1. A coaxial magnetron, comprising:

a cathode;

an anode having an anode cylinder and vanes for forming an anode resonant cavity around the cathode;

a cylindrical side body forming an outer cavity coaxial with the anode resonant cavity around the anode cylinder;

a pair of end sealing structures joined to both ends of the cylindrical side body; and

an input part connected to the cathode through one of the end sealing structures,

wherein one end of the anode cylinder is joined to one of the end sealing structures, and the other end of the anode cylinder is joined to a groove or a step of the other of the end sealing structures, the groove or the step being formed on the inner surface of the other of the end sealing structures and configured to adjustably receive the end of the anode cylinder in the groove or step so that interface between the anode cylinder and groove or step is selectable at joining pair of the end sealing structures to both ends of the cylindrical side body.

2. The coaxial magnetron of claim 1, wherein central members of the end sealing structures are joined to the outer periphery members respectively after the outer periphery members of the end sealing structures are joined to the cylindrical side body.

3. The coaxial magnetron of claim 1, wherein a passage for running a coolant therethrough is provided in the end sealing structure in which the input part pass through, and a passage for running a coolant therethrough is also provided in the end sealing structure in which the input part is not disposed.

4. The coaxial magnetron of claim 3, wherein central members of the end sealing structures are joined to the outer periphery members respectively after the outer periphery members of the end sealing structures are joined to the cylindrical side body.

5. A coaxial magnetron, comprising:

a cathode;

wherein one end of the anode cylinder is joined to one of the end sealing structures, and the other end of the anode cylinder is joined to a gap of the other of the end sealing structures, the gap being formed between a central member and an outer periphery member of the other of the end sealing structures so as to insert the anode cylinder and configured to adjustably receive the end of the anode cylinder gap so that interface between anode cylinder and the gap is selectable at joining the pair of the pair of the end sealing structures to both ends of cylindrical side body.
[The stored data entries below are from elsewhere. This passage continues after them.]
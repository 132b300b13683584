//! Tests that go across crates: texts that are read, and what the crates above make of them, typed by hand
//! from the language. Calls of the slicer that are a file, words and expected texts are cases of slicer_cases.
#![tactic(auto)]

#[cfg(test)]
mod exit_tests;
#[cfg(test)]
mod fault_tests;
#[cfg(test)]
mod input_tests;
#[cfg(test)]
mod layout_tests;
#[cfg(test)]
mod many_tests;
#[cfg(test)]
mod order_tests;
#[cfg(test)]
mod programs;
#[cfg(test)]
mod projection_tests;
#[cfg(test)]
mod run_tests;
#[cfg(test)]
mod running;
#[cfg(test)]
mod team_tests;
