//! Calls with a file for the input of a run, over files and sinks in memory.
use crate::programs::TWO;
use crate::running::{Ended, Failing, NONE_FAILING, file, is_end, run, split_words};
use slicer_top::{Status, Text};
use std::alloc::AllocError;
use std::test::Fail;
use std::thread::Threads;

const MAX_FILE_BYTES: usize = 1_048_576;

// The words of this line over `two.c` and so many bytes in the file `in`.
fn run_with_input<R: AllocGlobal + Threads + Sync>(
    rt: &R,
    line: &str,
    length: usize,
    failing: &Failing<'_>,
) -> Result<Ended, AllocError> {
    let alloc = rt.alloc();
    let input = vec![in alloc; b'x'; length]?;
    let mut files = file(alloc, "two.c", TWO)?;
    files.push((
        Text::from_slice(alloc, b"in")?,
        Text::from_slice(alloc, input.as_slice())?,
    ))?;
    let words = split_words(alloc, line)?;
    run(rt, &words, files, failing)
}

#[test]
fn a_long_input_is_told(rt: HostRuntime) -> Result<(), Fail> {
    // The words, the length of the input, the status, and what out and err have gained.
    let rows = [
        (
            "run two.c --input in",
            MAX_FILE_BYTES + 1,
            Status::TooLong,
            "",
            "in is longer than 1048576 bytes\n",
        ),
        (
            "run no.c --input in",
            MAX_FILE_BYTES + 1,
            Status::ReadFault,
            "",
            "cannot read no.c\n",
        ),
        (
            "run two.c --input in",
            MAX_FILE_BYTES,
            Status::Done,
            "4\n6\n",
            "",
        ),
    ];
    for (line, length, status, out, err) in rows {
        let ended = run_with_input(&rt, line, length, &NONE_FAILING)?;
        is_end(&rt, &ended, (status, out, err), line)?;
    }
    Ok(())
}

#[test]
fn the_put_of_a_run_that_fails_is_told(rt: HostRuntime) -> Result<(), Fail> {
    // The words, how many bytes the put takes, and what out has gained.
    let rows = [
        ("run two.c --input in", [(0, 1)], "4"),
        ("trace two.c 7 8 --input in", [(0, 7)], "1: 4\n2:"),
    ];
    for (line, fails, out) in rows {
        let failing = Failing {
            out: &fails,
            ..NONE_FAILING
        };
        let ended = run_with_input(&rt, line, 0, &failing)?;
        is_end(
            &rt,
            &ended,
            (Status::WriteFault, out, "cannot write\n"),
            line,
        )?;
    }
    Ok(())
}
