//! Runs of the top call over files and sinks in memory.
ghost use Rattle.std.specs.Prelude.{◌≡◌, ◌⊎◌, ◌≤◌, List, [], IfOk, None, Some, length};
ghost use Rattle.c_language.specs.Words.{Bytes};
ghost use Rattle.call_words.specs.Grammar.{IsInGrammar};
ghost use Rattle.call_words.specs.Requests.{asked_of, file_of, input_of};
ghost use Rattle.slicer_top.specs.Slices.{StartsSome, AreWritten, joined};

use crate::programs::TWO;
use crate::running::{NONE_FAILING, USAGE, file, is_end, run, split_words};
use edge_io::{MemoryShelf, MemorySink};
use slicer_top::{OpenGate, Status, Text, run_slicer};
use std::alloc::{AllocError, Global};
use std::process::Abort;
use std::test::Fail;
use std::thread::Threads;

const TWO_AT_7: &str = r#"/* slice 7: 6 */
#include <stdio.h>
int main(void) {
    int a = 1;
    a = a + 3;
    printf("%d\n", a);
}
"#;

const TWO_AT_4: &str = r#"/* slice 4: 4 */
#include <stdio.h>
int main(void) {
    int b = 2;
}
"#;

const MAX_FILE_BYTES: usize = 1_048_576;

// Over one file, no input and sinks in memory without failing numbers, with room for what is asked and for `out of memory`:
// that is written, or memory was wanting.
fn run_without_failing<R: Threads + Sync>(
    rt: &R,
    alloc: Global,
    words: &[Text],
    name: Text,
    text: Text,
    room: usize,
) -> Result<Status, AllocError>
    ensures { IfOk result (λ status. IsInGrammar words.now → file_of words.now ≡ Some name → input_of (asked_of words.now) ≡ None
        → length text ≤ 1048576 → StartsSome text (asked_of words.now) []
        → ((texts : List Bytes) → AreWritten text (asked_of words.now) [] texts → length (joined texts) ≤ room)
        → (status ≡ Status.Done) ⊎ (status ≡ Status.NoMemory)) }
{
    let mut files = Vec::new(alloc);
    files.push((name, text))?;
    let mut shelf = MemoryShelf::new(files, Vec::new(alloc));
    let mut out = MemorySink::new(alloc, room, Vec::new(alloc))?;
    let mut err = MemorySink::new(alloc, 14, Vec::new(alloc))?;
    let status = run_slicer(rt, alloc, words, &mut shelf, &mut out, &mut err, &OpenGate);
    Ok(status)
}

// These words over `two.c` end so: the status, and what out and err have gained.
fn ends_on_two<R: Abort + AllocGlobal + Threads + Sync>(
    rt: &R,
    line: &str,
    wanted: (Status, &str, &str),
) -> Result<(), Fail> {
    let alloc = rt.alloc();
    let words = split_words(alloc, line)?;
    let ended = run(rt, &words, file(alloc, "two.c", TWO)?, &NONE_FAILING)?;
    is_end(rt, &ended, wanted, line)
}

#[test]
fn a_file_that_is_not_there_is_told(rt: HostRuntime) -> Result<(), Fail> {
    // The words, and the line on err.
    let rows = [
        ("slice no.c 1", "cannot read no.c\n"),
        ("slice two.c/ 7", "cannot read two.c/\n"),
        ("graph no.c", "cannot read no.c\n"),
        ("members no.c 7", "cannot read no.c\n"),
    ];
    for (line, err) in rows {
        ends_on_two(&rt, line, (Status::ReadFault, "", err))?;
    }
    Ok(())
}

#[test]
fn without_failing_numbers_no_fault_comes(rt: HostRuntime) -> Result<(), Fail> {
    let alloc = rt.alloc();
    // The words, the room, and the status.
    let rows = [
        ("slice two.c 7", TWO_AT_7.len(), Status::Done),
        ("slice two.c 4", TWO_AT_4.len(), Status::Done),
        ("slice two.c 4", TWO_AT_7.len(), Status::Done),
        ("slice two.c 7", TWO_AT_7.len() - 1, Status::WriteFault),
    ];
    for (line, room, status) in rows {
        let words = split_words(alloc, line)?;
        let name = Text::from_slice(alloc, b"two.c")?;
        let text = Text::from_slice(alloc, TWO.as_bytes())?;
        let ended = run_without_failing(&rt, alloc, &words, name, text, room)?;
        assert_eq!(rt; ended, status, "{line}");
    }
    Ok(())
}

#[test]
fn other_words_are_told_the_usage(rt: HostRuntime) -> Result<(), Fail> {
    let rows = [
        "",
        "slice",
        "slice two.c",
        "slice two.c x",
        "slice two.c 7x",
        "slice two.c -7",
        "slice two.c +7",
        "slice two.c 00000000007",
        "slice two.c ",
        "slice  7",
        "slice -two.c 7",
        "slice - 7",
        "Slice two.c 7",
        "slices two.c 7",
        "run two.c",
        "run two.c --input",
        "run two.c 7 --input two.c",
        "trace two.c --input two.c",
        "trace two.c 7",
        "graph",
        "graph two.c 7",
        "graph two.c two.c",
        "graph two.c --lines 7",
        "graph two.c --workers 0",
        "members two.c",
        "members two.c 7 7",
        "members two.c x",
        "members 7 two.c",
        "graphs two.c",
        "two.c 7",
        "--help",
        "help",
    ];
    for line in rows {
        ends_on_two(&rt, line, (Status::Usage, "", USAGE))?;
    }
    Ok(())
}

#[test]
fn a_name_is_utf8(rt: HostRuntime) -> Result<(), Fail> {
    let alloc = rt.alloc();
    // The bytes of the name, and whether they are a name.
    let rows: [(&[u8], bool); 4] = [
        (b"\xc3\xa9.c", true),
        (b"\xc3", false),
        (b"a\xff.c", false),
        (b" ", true),
    ];
    for (name, is_name) in rows {
        let mut words = split_words(alloc, "slice")?;
        words.push(Text::from_slice(alloc, name)?)?;
        words.push(Text::from_slice(alloc, b"7")?)?;
        let ended = run(&rt, &words, file(alloc, "two.c", TWO)?, &NONE_FAILING)?;
        let status = if is_name {
            Status::ReadFault
        } else {
            Status::Usage
        };
        assert_eq!(rt; ended.status, status, "{name:?}");
    }
    Ok(())
}

#[test]
fn a_long_file_is_told(rt: HostRuntime) -> Result<(), Fail> {
    let alloc = rt.alloc();
    // The length of a.c, the status and what err has gained.
    let rows = [
        (
            MAX_FILE_BYTES + 1,
            Status::TooLong,
            "a.c is longer than 1048576 bytes\n",
        ),
        (MAX_FILE_BYTES, Status::Refused, "1: syntax\n"),
        (0, Status::Refused, "1: rule 5\n"),
    ];
    for (length, status, err) in rows {
        let bytes = vec![in alloc; b'x'; length]?;
        let mut files = Vec::new(alloc);
        files.push((
            Text::from_slice(alloc, b"a.c")?,
            Text::from_slice(alloc, bytes.as_slice())?,
        ))?;
        let words = split_words(alloc, "slice a.c 7")?;
        let ended = run(&rt, &words, files, &NONE_FAILING)?;
        is_end(&rt, &ended, (status, "", err), "slice a.c 7")?;
    }
    Ok(())
}

#[test]
fn each_status_has_its_code(rt: HostRuntime) {
    let rows = [
        (Status::Done, 0),
        (Status::Refused, 1),
        (Status::Usage, 2),
        (Status::ReadFault, 3),
        (Status::WriteFault, 4),
        (Status::NoMemory, 5),
        (Status::Undefined, 6),
        (Status::Steps, 7),
        (Status::Limit, 8),
        (Status::TooLong, 9),
    ];
    for (status, code) in rows {
        assert_eq!(rt; status.code(), code, "{status:?}");
    }
}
6. The coaxial magnetron of claim 5, wherein central members of the end sealing structures are joined to the outer periphery members respectively after the outer periphery members of the end sealing structures are joined to the cylindrical side body.

7. The coaxial magnetron of claim 5, wherein a passage for running a coolant therethrough is provided in the end sealing structure in which the input part pass through, and a passage for running a coolant therethrough is also provided in the end sealing structure in which the input part is not disposed.

8. The coaxial magnetron of claim 7, wherein central members of the end sealing structures are joined to the outer periphery members respectively after the outer periphery members of the end sealing structures are joined to the cylindrical side body.